We've documented the differences between Mathesar and other similar products including NocoDB on the FAQ section[1] in our website.

[1] https://mathesar.org/faq.html#how-is-mathesar-different-from...

ryan_platofy · on March 3, 2023

Apologies, somehow missed that. Thanks for the speedy response. Your explanation is very clear. Something that is keeping me tied to Airtable is their 'interface designer'. Allows for rapidly building internal admin tools. Something similar is apparently on NocoDB's roadmap (they are calling it page designer I believe). Am I correct in saying that this not something that is on your current Roadmap (had a look, but did not spot something similar, but could have misread)?

pavish · on March 3, 2023

You're right, it's not in our current roadmap, which focuses mainly on features that improve data entry, analysis, visualization, and collaboration. Having said that, Mathesar could grow as a product and have a diverse set of features we've not yet planned, in the next few years.
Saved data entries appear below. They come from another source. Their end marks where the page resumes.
//! A kernel on which tests make their steps.
use crate::asked::{Ask, Data, Want};
use crate::buffers::reply_on_buffers;
use pl_kernel::Kernel;
use pl_model::numbers::{MAX_FILE_BYTES, USUAL_PROCESSES};
use pl_model::{Bytes8, Call, Limits, MaskList, Name, Outcome, Reply, Step};
use std::alloc::{Allocator, Global};
use std::marker::Model;
use std::test::Fail;

/// A kernel in memory of `heap`, and what a failure says of the steps that are made on it.
///
/// Contracts say nothing of it: what the kernel answers is compared as the tests run. It stands in a box, so that a test that
/// makes one proves little of its end.
#[derive(Drop)]
pub struct Bench<A: Allocator = Global> {
    name: &'static str,
    alloc: Global,
    heap: A,
    kernel: Box<Kernel<A>>,
    /// Whether steps are made on buffers of the test's where they can be.
    on_buffers: bool,
    /// How many steps were made; a failure names the last.
    made: u64,
    /// The request for memory that is refused; 0 for none.
    refused: u64,
}

impl<A: Allocator> Model for Bench<A> {
    ghost use Rattle.std.specs.Prelude.{ℕ};

    ghost Value = { ℕ };

    ghost view = { λ _. 0 };
}

/// Makes the step, and answers its reply; `None` where it finds no memory.
fn reply_to<A: Allocator + Copy>(kernel: &mut Kernel<A>, step: Step<A>) -> Option<Reply<A>> {
    kernel.step(step).ok()
}

/// Makes the steps as one run, and answers what each came to; `None` where the run itself found no memory.
fn outcomes_of<A: Allocator + Copy>(
    kernel: &mut Kernel<A>,
    steps: Vec<Step<A>, A>,
) -> Option<Vec<Outcome<A>, A>> {
    kernel.run(steps).ok()
}

/// Whether the file of the name has these bytes, or there is none where none are given; `None` where there is no memory for its bytes.
fn file_has<A: Allocator + Copy>(
    kernel: &Kernel<A>,
    name: &Name<A>,
    want: Option<&[u8]>,
) -> Option<bool> {
    let told = kernel.file_bytes(name).ok()?;
    Some(match (&told, want) {
        (Some(told), Some(want)) => told.as_slice() == want,
        (None, None) => true,
        _ => false,
    })
}

/// The reply, with its bytes in memory of `alloc`. It fails where that has none.
pub(crate) fn moved<A: Allocator>(alloc: Global, reply: Reply<A>) -> Result<Reply, Fail> {
    Ok(match reply {
        Reply::Pid(pid) => Reply::Pid(pid),
        Reply::Fd(fd) => Reply::Fd(fd),
        Reply::Fds(first, second) => Reply::Fds(first, second),
        Reply::Count { n, sigpipe } => Reply::Count { n, sigpipe },
        Reply::Bytes(bytes) => {
            let copy = Vec::from_slice(alloc, bytes.as_slice())?;
            Reply::Bytes(Bytes8::from_vec(copy).ok_or("more bytes than a call moves")?)
        }
        Reply::Offset(offset) => Reply::Offset(offset),
        Reply::Flags { mode, flags } => Reply::Flags { mode, flags },
        Reply::Size(size) => Reply::Size(size),
        Reply::Masks { ready, masks } => {
            let copy = Vec::from_slice(alloc, masks.as_slice())?;
            Reply::Masks {
                ready,
                masks: MaskList::from_vec(copy),
            }
        }
        Reply::Unit => Reply::Unit,
        Reply::Fault(errno) => Reply::Fault(errno),
        Reply::Parked(call) => Reply::Parked(call),
        Reply::NoProcess => Reply::NoProcess,
        Reply::NoCall => Reply::NoCall,
        Reply::CallsSpent => Reply::CallsSpent,
    })
}

impl<A: Allocator + Copy> Bench<A> {
    /// A new kernel within the limits, in memory of `heap`. What it is compared with is in memory of `alloc`. It fails where a file
    /// may have more bytes than any can.
    pub fn new(name: &'static str, alloc: Global, heap: A, limits: Limits) -> Result<Self, Fail> {
        if limits.file_max > MAX_FILE_BYTES {
            return Err(Fail::from("no file has so many bytes"));
        }
        Ok(Bench {
            name,
            alloc,
            heap,
            kernel: Box::new(alloc, Kernel::new(heap, limits))?,
            on_buffers: false,
            made: 0,
            refused: 0,
        })
    }

    /// Writes come from buffers of the test's from now on, and reads go into such.
    pub(crate) fn use_buffers(&mut self) {
        self.on_buffers = true;
    }

    /// A failure says from now on that this request for memory is refused.
    pub fn tell_refused(&mut self, request: u64) {
        self.refused = request;
    }

    /// What a test fails with at the last step.
    pub fn fault(&self, ask: Ask, what: &str) -> Fail {
        let (made, name, refused, kind) = (self.made, self.name, self.refused, ask.kind());
        Fail::new(format_args!(
            "step {made} of {name}, {kind}, {what}; request {refused} (0: none) is refused"
        ))
    }

    /// What a test fails with where the last step didn't come to what is wanted.
    fn other_than(&self, ask: Ask, want: &Reply, reply: &Reply) -> Fail {
        let (made, name, refused, kind) = (self.made, self.name, self.refused, ask.kind());
        Fail::new(format_args!(
            "step {made} of {name}, {kind}, answers {reply:?} and not {want:?}; request {refused} (0: none) is refused"
        ))
    }

    /// Makes the step, and answers its reply; `None` where it finds no memory.
    pub fn reply(&mut self, step: Step<A>) -> Result<Option<Reply>, Fail> {
        self.made = self.made.wrapping_add(1);
        if self.on_buffers {
            return reply_on_buffers(self.alloc, &mut self.kernel, step);
        }
        match reply_to(&mut self.kernel, step) {
            Some(reply) => Ok(Some(moved(self.alloc, reply)?)),
            None => Ok(None),
        }
    }

    /// Makes the step, which is what is asked, and answers whether it found memory. It fails where the step did, and doesn't
    /// answer what is wanted.
    pub fn makes(&mut self, ask: Ask, step: Step<A>, want: Want) -> Result<bool, Fail> {
        let Some(reply) = self.reply(step)? else {
            return Ok(false);
        };
        let want = want.reply(self.alloc)?;
        if reply == want {
            Ok(true)
        } else {
            Err(self.other_than(ask, &want, &reply))
        }
    }

    /// Makes the step, and fails where it doesn't answer what is wanted.
    pub fn answers(&mut self, ask: Ask, want: Want) -> Result<(), Fail> {
        let step = ask.step(self.heap)?;
        if self.makes(ask, step, want)? {
            Ok(())
        } else {
            Err(self.fault(ask, "finds no memory"))
        }
    }

    /// Asks for the bytes of the file of the name, and answers whether that found memory. It fails where it did, and tells other bytes
    /// than those that are wanted; `None` is that there is no such file.
    pub fn file_has(&self, name: &Name<A>, want: Option<Data>) -> Result<bool, Fail> {
        let told = match want {
            Some(data) => {
                let bytes = data.bytes(self.alloc)?;
                file_has(&self.kernel, name, Some(bytes.as_slice()))
            }
            None => file_has(&self.kernel, name, None),
        };
        match told {
            Some(false) => Err(self.file_fault("has other bytes, or is there or isn't there")),
            _ => Ok(told.is_some()),
        }
    }

    /// What a test fails with at a file that is asked for behind the last step.
    pub fn file_fault(&self, what: &str) -> Fail {
        let (made, name, refused) = (self.made, self.name, self.refused);
        Fail::new(format_args!(
            "a file behind step {made} of {name} {what}; request {refused} (0: none) is refused"
        ))
    }

    /// Asks for the bytes of the files, and fails at the first that hasn't what is wanted.
    pub fn files_have(&self, files: &[(Data, Option<Data>)]) -> Result<(), Fail> {
        for (name, want) in files {
            let name = name.name(self.heap)?;
            if !self.file_has(&name, *want)? {
                return Err(self.file_fault("finds no memory"));
            }
        }
        Ok(())
    }

    /// A process takes the names away, in order, and ends. It fails where one isn't there.
    fn unlink_all(&mut self, names: &[Data]) -> Result<(), Fail> {
        if names.is_empty() {
            return Ok(());
        }
        self.answers(Ask::Start, Want::Pid(1))?;
        for name in names {
            self.answers(Ask::Unlink(1, *name), Want::Unit)?;
        }
        self.answers(Ask::Exit(1), Want::Unit)
    }

    /// Ends every process, of which there may be no more than usual, and then takes the names away, which are all. It fails where one
    /// isn't there, and where bytes are kept in memory after that.
    pub fn ends_empty(&mut self, names: &[Data]) -> Result<(), Fail> {
        for pid in 1..=USUAL_PROCESSES as u32 {
            let _reply = reply_to(&mut self.kernel, Step::Begin(pid, Call::Exit));
        }
        self.unlink_all(names)?;
        self.has_segments(Ask::Exit(1), 0)
    }

    /// In how many segments of memory bytes are kept.
    pub fn segments(&self) -> u64 {
        self.kernel.stats().segments
    }

    /// How many segments are kept for further bytes.
    pub fn spare(&self) -> u64 {
        self.kernel.stats().spare
    }

    /// Fails where bytes are kept in another number of segments, after the step that was asked last.
    pub fn has_segments(&self, ask: Ask, want: u64) -> Result<(), Fail> {
        if self.segments() == want {
            Ok(())
        } else {
            Err(self.fault(ask, "leaves another number of segments"))
        }
    }

    /// In how many slots the bytes of the pipe of a descriptor stand, if it is open on one.
    pub fn slots(&self, pid: u32, fd: i32) -> Option<u32> {
        self.kernel.slots(pid, fd)
    }

    /// Fails where another number of slots is told of a descriptor, after the step that was asked last.
    pub fn has_slots(&self, ask: Ask, pid: u32, fd: i32, want: Option<u32>) -> Result<(), Fail> {
        if self.slots(pid, fd) == want {
            Ok(())
        } else {
            Err(self.fault(ask, "leaves another number of slots"))
        }
    }

    /// Makes the steps, in order, and fails at the first that doesn't answer what its row says.
    pub fn all_answer(&mut self, rows: &[(Ask, Want)]) -> Result<(), Fail> {
        for (ask, want) in rows {
            self.answers(*ask, *want)?;
        }
        Ok(())
    }

    /// The process makes 128 pipes, which fill its table. It fails where one has other descriptors than the next two.
    fn fill_table(&mut self, pid: u32) -> Result<(), Fail> {
        for i in 0..128u8 {
            let first = 2 * i32::from(i);
            self.answers(Ask::Pipe(pid), Want::Fds(first, first + 1))?;
        }
        Ok(())
    }

    /// So many processes start, at most 1,024, and the first `full_tables` of them fill their tables. These steps aren't counted.
    pub fn prepare(&mut self, processes: u32, full_tables: u32) -> Result<(), Fail> {
        for pid in 1..=processes {
            self.answers(Ask::Start, Want::Pid(pid))?;
        }
        for pid in 1..=full_tables {
            self.fill_table(pid)?;
        }
        self.made = 0;
        Ok(())
    }

    /// Makes the steps as one run, and answers what each came to, `None` where it found no memory; `None` for all where the run
    /// itself finds none.
    pub fn run(&mut self, steps: Vec<Step<A>, A>) -> Result<Option<Vec<Option<Reply>>>, Fail> {
        let Some(outcomes) = outcomes_of(&mut self.kernel, steps) else {
            return Ok(None);
        };
        let mut replies = Vec::new(self.alloc);
        for outcome in outcomes {
            replies.push(match outcome {
                Outcome::Replied(reply) => Some(moved(self.alloc, reply)?),
                Outcome::NoMemory => None,
            })?;
        }
        Ok(Some(replies))
    }
}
A feature to build interfaces for internal admin tools sounds very cool, and while we cannot say that it's coming for sure, we'll definitely be discussing it. Please feel free to open a feature request issue on our Github repo, we'd appreciate it.

kgodey · on March 3, 2023

To add to what Pavish said: Our designer is excited about building an Airtable-like interface designer, but there's a lot of complexity involved, and it will cater to a whole different category of users. We want to get our current features to a more stable state before jumping into that. It's definitely on our radar, though.

cadbox1 · on March 2, 2023

Nice work! It looks like Sequel Pro for Postgres.

This might be the first free, user-friendly interface for Postgres out there. Closest would be TablePlus but it’s paid.

kgodey · on March 2, 2023

Thank you! I was pretty surprised that nothing like Mathesar existed already.

Unlike SequelPro and TablePlus, we're a web application (although we do want to do a desktop version eventually). And Mathesar works even if you don't have an existing DB to connect to – you can set up a DB from scratch during installation.

phamilton · on March 2, 2023

https://github.com/beekeeper-studio/beekeeper-studio is pretty decent.

minusf · on March 2, 2023

tableplus is freemium like. in the free version can have 2 tabs open. it also works with way more than postgres.

victorbjorklund · on March 3, 2023

Looks really nice. Is there any way to export an exploration as SQL? I guess this can be useful when creating complicated views etc.

mathemancer · on March 3, 2023

Not at the moment, but it is in our roadmap[1]. In fact, we're planning to help users start or tinker with data explorer, then switch to an SQL editor starting from their exploration so far. That way, they can use features or queries beyond what we currently support in the GUI.

[1] https://mathesar.org/roadmap.html

victorbjorklund · on March 3, 2023

Awesome! Looks great!

winrid · on March 3, 2023

Was just thinking about how it looks like a fancy Django Admin

Then I saw - its actually built on Django! Neat. :)

kgodey · on March 3, 2023

Thanks! We are currently using a freakish mix of Django and SQLAlchemy, but we're aiming to simplify that soon-ish (by removing SQLAlchemy).